Un año bisiesto. Ignoro si os habíais dado cuenta de que se trata de uno de esos años prodigiosamente más largos, con veinticuatro horas de reajuste y propina. Nada menos que veinticuatro horas. Inventamos el tiempo y está desajustado consigo mismo y cada cuatro años tenemos que corregir y poner al día unos mecanismos que a lo largo de cada año también anduvimos reajustando, hora adelante y atrás, como si no estuviésemos seguros de que los días y las noches son o no mensurables y cómo debe hacerse la medida.
Y un año pletórico de malas previsiones y sombríos presagios, todo va a ir mal, nos dicen, pero nadie concreta cómo y hasta qué punto. Hoy, por ejemplo, cuentan los noticiarios virtuales que mucha gente se ha sumado en algunos países a esos que llaman “sin techo”, vagabundos que duermen al raso y comen lo que les dan o hurgan y rebuscan en la basura de ricachos o de supermercados. Y de que proliferan comedores económicos o comedores gratuitos con que la sociedad prepara coartadas para traspasar su delito, o su pecado, de crueldad.

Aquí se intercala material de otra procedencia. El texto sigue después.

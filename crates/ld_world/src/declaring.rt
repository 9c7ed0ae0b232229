//! Declaring the uris of a unit's properties in the store.
ghost use Rattle.std.specs.Prelude.{◌≡◌, List, [], None, IfErr, IfOk, OnErr, OnOk};
ghost use Rattle.ld_globals.specs.Store.{Key, KeepsWrites, declare_in, declared_at, last_write};
ghost use Rattle.ld_json.specs.Fault.{Says, SaysFirst};
ghost use Rattle.ld_model.specs.declared.unit.Unit.{Unit};
ghost use Rattle.ld_sharing.specs.StoreView.{Serves};
ghost use Rattle.ld_world.specs.Declaring.{uri_property_number, pairs_by};
ghost use Rattle.ld_world.specs.Published.{differing, differs_at};
ghost use Rattle.ld_world.specs.WorldView.{IsStoreOf};

use crate::declarations::declarations_of;
use ld_base::{NoMemory, Text};
use ld_globals::{DeclareFault, Globals};
use ld_json::{Code, Fault, FileNo, ReadFault, push_item};
use ld_model::Property;
use ld_rules::PreparedUnit;
use std::alloc::Global;

/// Declares the uris of the unit's properties. It is refused at the first property whose uri is
/// declared with other contents. Every error leaves the store as it was.
pub(crate) fn declare_uris(
    alloc: Global,
    unit: &PreparedUnit,
    globals: &mut Globals,
) -> Result<(), ReadFault>
    ensures ok { OnOk result (globals.new ≡ declare_in globals.old (pairs_by unit.now.properties)) }
    ensures serves { OnOk result (Serves globals.new unit.now) }
    ensures kept { OnOk result (KeepsWrites globals.old globals.new) }
    ensures unwritten { OnOk result ((key : Key) → declared_at globals.old key.uri ≡ None
        → last_write globals.old key ≡ None) }
    ensures faultless { (units : List Unit) → IsStoreOf units globals.old
        → OnOk result (differing units 0 unit.now.properties ≡ []) }
    ensures first { (units : List Unit) → IsStoreOf units globals.old
        → IfErr result (SaysFirst (differing units 0 unit.now.properties)) }
    ensures err { OnErr result (globals.new ≡ globals.old) }
{
    let properties = unit.unit().properties.as_slice();
    let list = declarations_of(alloc, unit)?;
    match globals.declare(list) {
        Ok(()) => Ok(()),
        Err(DeclareFault::Differs(place)) => {
            let number = find_number(properties, place);
            Err(differs(alloc, number))
        }
        Err(DeclareFault::NoMemory) => Err(ReadFault::NoMemory),
    }
}

/// The number of the property that has the uri of this place among all uris.
fn find_number(properties: &[Property], place: u32) -> usize
    ensures { result ≡ uri_property_number 0 place properties.now }
{
    let mut left = place;
    let mut n = 0;
    while n < properties.len() {
        if properties[n].uri.is_some() {
            if left == 0 {
                return n;
            }
            left -= 1;
        }
        n += 1;
    }
    n
}

/// The refusal that the uri of the property of this number is declared with other contents, or
/// `NoMemory`.
fn differs(alloc: Global, number: usize) -> ReadFault
    ensures { Says (differs_at number) result }
{
    match place_of(alloc, number) {
        Ok(place) => ReadFault::Refused(Fault {
            file: FileNo::Properties,
            place,
            code: Code::GlobalDiffers,
        }),
        Err(_) => ReadFault::NoMemory,
    }
}

/// The place of the property of this number.
fn place_of(alloc: Global, number: usize) -> Result<Text, NoMemory>
    ensures { IfOk result (λ place. place.bytes ≡ (differs_at number).place) }
{
    let mut place = Text::of(alloc, "/properties")?;
    push_item(alloc, number, &mut place)?;
    Ok(place)
}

La sociedad, dije. Como si la sociedad pudiera ser considerada así, despersonalizadamente, a título supuestamente impersonal de un colectivo de que cupiera separarse. Yo, intentamos decir, no estaba aquel día, en aquella situación, ante aquella necesidad. Yo estaba atrincherado en mi soledad, rodeado de íntimos, arropado de ignorancias, aliviado de necesidades, sazonado de caprichos.
Me siento mal conmigo mismo, y al mismo tiempo incapaz de aliviar a nadie porque las noticias están llenas de mentirosos que fingen necesidad para robarte, de sinvergüenzas que te rebanarían el cuello sin el menor miramiento, a la menor oportunidad, para quitarte cualquier cantidad de dinero o de quisicosas que lo valiesen y llevaras encima.
La sociedad –vuelta al efugio-, en realidad tú mismo, te pone entre dos filos. Pasas cada día entre Scila y Caribdis.
Me consuela hasta cierto punto pensar que nunca he sido lo que se dice rico de verdad, pero me preocupa haber disfrutado de lo necesario. E incluso de ese “poco más” que te permite irte sensibilizando, aprendiendo de aquí y de allá retazos de aproximaciones a la sabiduría. Tener el privilegio de, además de haber vivido, haber sentido la vida.
Sentir la vida llamo a la dubitativa interpretación caprichosa de lo que se experimenta cuando una melodía te envuelve, disfrutas de un paisaje, entiendes, por lo menos en parte, y así puedes sufrir, o gozar, con el trabajo que haces en cada momento, descubres la hondura del amor verdadero, comprendes que los sentidos están engañando a las neuronas.